# Today's Google 25cent deals. Amazon matchs most.



## Tabatha (Oct 4, 2009)

Movie == Crash DEAD
Book == Nora Roberts - unfinished business  DEAD
App == Smart Tools 1-4  DEAD
Music == Rolling Stones - Brussels Affair Album UNAVAILABLE

Apparently it takes Amazon some time before price matching.

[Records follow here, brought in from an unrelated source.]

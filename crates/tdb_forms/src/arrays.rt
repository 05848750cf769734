//! The array of a parameter.

ghost use Rattle.std.specs.Prelude.{◌≡◌, ◌<◌, IfOk, Some, length, map, slice_get};
ghost use Rattle.std.specs.Option.{option_map};
ghost use Rattle.tdb_forms.specs.Finding.{each};
ghost use Rattle.tdb_forms.specs.Lists.{array_list as array_list_of, array_of};

use crate::sites::are_constituents;
use cal_scan::{Name, is_word, parts_at};
use std::alloc::{AllocError, Global};
use std::hash::{Hash, Hasher};
use std::marker::Model;

/// The constituents of each sublattice, as a parameter writes them. An empty list is `*`.
#[derive(Drop)]
pub struct Array {
    lists: Vec<Vec<Name>>,
}

impl Model for Array {
    ghost use Rattle.std.specs.Prelude.{List, ℕ, map};

    ghost Value = { List (List (List ℕ)) };

    ghost view = { λ array. map (λ list. list.items) array.lists.items };
}

impl PartialEq for Array {
    ghost use Rattle.std.specs.Prelude.{nat_eq};
    ghost use Rattle.std.specs.Cmp.{partial_equiv_from_equiv};
    ghost use Rattle.std.specs.Cmp.Lexicographic.{nat_list_eq_equiv, lists_equiv, pointwise};

    ghost eq = { λ a b. pointwise (pointwise (pointwise nat_eq)) a b };

    ghost laws = { partial_equiv_from_equiv (lists_equiv (lists_equiv nat_list_eq_equiv)) };

    fn eq(&self, other: &Array) -> bool {
        self.lists.as_slice() == other.lists.as_slice()
    }
}

impl Eq for Array {
    ghost use Rattle.std.specs.Cmp.Lexicographic.{nat_list_eq_equiv, lists_equiv};

    ghost laws = { lists_equiv (lists_equiv nat_list_eq_equiv) };
}

impl Hash for Array {
    ghost use Rattle.std.specs.Cmp.Lexicographic.{bytes_decides};
    ghost use Rattle.std.specs.Hash as fed;
    ghost use Rattle.std.specs.Hash.{items_Alike, same_Alike};

    ghost hash_input = { λ a. fed.slice (fed.slice (fed.slice fed.u8)) a };

    ghost respects_eq = { (items_Alike (items_Alike (same_Alike (fed.slice fed.u8) bytes_decides))).fed };

    fn hash<H: Hasher>(&self, state: &mut H) {
        self.lists.as_slice().hash(state);
    }
}

impl Array {
    pub fn len(&self) -> usize
        ensures { result ≡ length self.now }
    {
        self.lists.len()
    }

    /// The constituents of the list at the place.
    pub fn list(&self, place: usize) -> &[Name]
        requires { place < length self.now }
        ensures { slice_get self.now place ≡ Some result.now }
    {
        self.lists[place].as_slice()
    }
}

fn names(alloc: Global, parts: &[&[u8]]) -> Result<Vec<Name>, AllocError>
    ensures { IfOk result (λ names. names.items ≡ map (λ w. w.now) parts.now) }
{
    let mut names = Vec::new(alloc);
    'parts: for i in 0..parts.len() {
        names.push(Name::from_bytes(alloc, parts[i])?)?;
    }
    Ok(names)
}

/// `*`, or constituents with commas between them.
#[tactic(auto, unfolding(crate::specs::Lists::array_list))]
fn array_list(alloc: Global, text: &[u8]) -> Result<Option<Vec<Name>>, AllocError>
    ensures { IfOk result (λ o. option_map (λ list. list.items) o ≡ array_list_of text.now) }
{
    if is_word(text, b"*") {
        return Ok(Some(Vec::new(alloc)));
    }
    let parts = parts_at(alloc, text, b',')?;
    let names = names(alloc, parts.as_slice())?;
    if !are_constituents(names.as_slice()) {
        return Ok(None);
    }
    Ok(Some(names))
}

fn array_lists(alloc: Global, parts: &[&[u8]]) -> Result<Option<Vec<Vec<Name>>>, AllocError>
    ensures { IfOk result (λ o. option_map (λ lists. map (λ list. list.items) lists.items) o ≡ each array_list_of (map (λ w. w.now) parts.now)) }
{
    let mut lists = Vec::new(alloc);
    'parts: for i in 0..parts.len() {
        let found = array_list(alloc, parts[i])?;
        match found {
            None => return Ok(None),
            Some(list) => lists.push(list)?,
        }
    }
    Ok(Some(lists))
}

/// Lists with `:` between them, each `*` or constituents with commas between them.
#[tactic(auto, unfolding(crate::specs::Lists::array_of))]
pub fn read_array(alloc: Global, text: &[u8]) -> Result<Option<Array>, AllocError>
    ensures { IfOk result (λ o. o ≡ array_of text.now) }
{
    let parts = parts_at(alloc, text, b':')?;
    let found = array_lists(alloc, parts.as_slice())?;
    match found {
        None => Ok(None),
        Some(lists) => Ok(Some(Array { lists })),
    }
}
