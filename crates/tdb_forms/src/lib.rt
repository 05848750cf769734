//! The parts of which the commands of a database are made: numbers, heads, lists of constituents, kinds and ranged texts.
#![tactic(auto)]

mod arrays;
mod distinct;
mod head;
mod kinds;
mod number;
mod pieces;
mod sites;

pub use arrays::{Array, read_array};
pub use head::split_head;
pub use kinds::read_kind;
pub use number::readable;
pub use pieces::read_ranged;
pub use sites::read_sites;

Need to keep checking, as they are still showing yesterdays deals.
can also get at play.google.com


----------



## TraceyC/FL (Mar 23, 2011)

Thanks!!

25 cent book rocks!!


----------



## teri (Sep 13, 2010)

I just read The Giver.  Great story and worth way more than the 25 cents!  I got it when it was 1.99 on Amazon.


----------



## Tabatha (Oct 4, 2009)

Movie   == Reservoir Dogs
Book ==== Moneyball-Michael Lewis - DEAD
MP3 ===== Greatest Hits - Guns & Roses -DEAD
App ===== Tune in Radio Pro - DEAD

Book was only .25 for a couple of hours, now back to regular price.


----------



## TraceyC/FL (Mar 23, 2011)

My kids are quite excited to have some GnR in the library - I'm not sure how I didn't have it before as it is their Dad's fav. It must have been one of his albums that got stolen and never made it into iTunes!


----------



## Atunah (Nov 20, 2008)

Thank you so much Tabatha for updating us on the deals.

Got some great bargains with these matches.


----------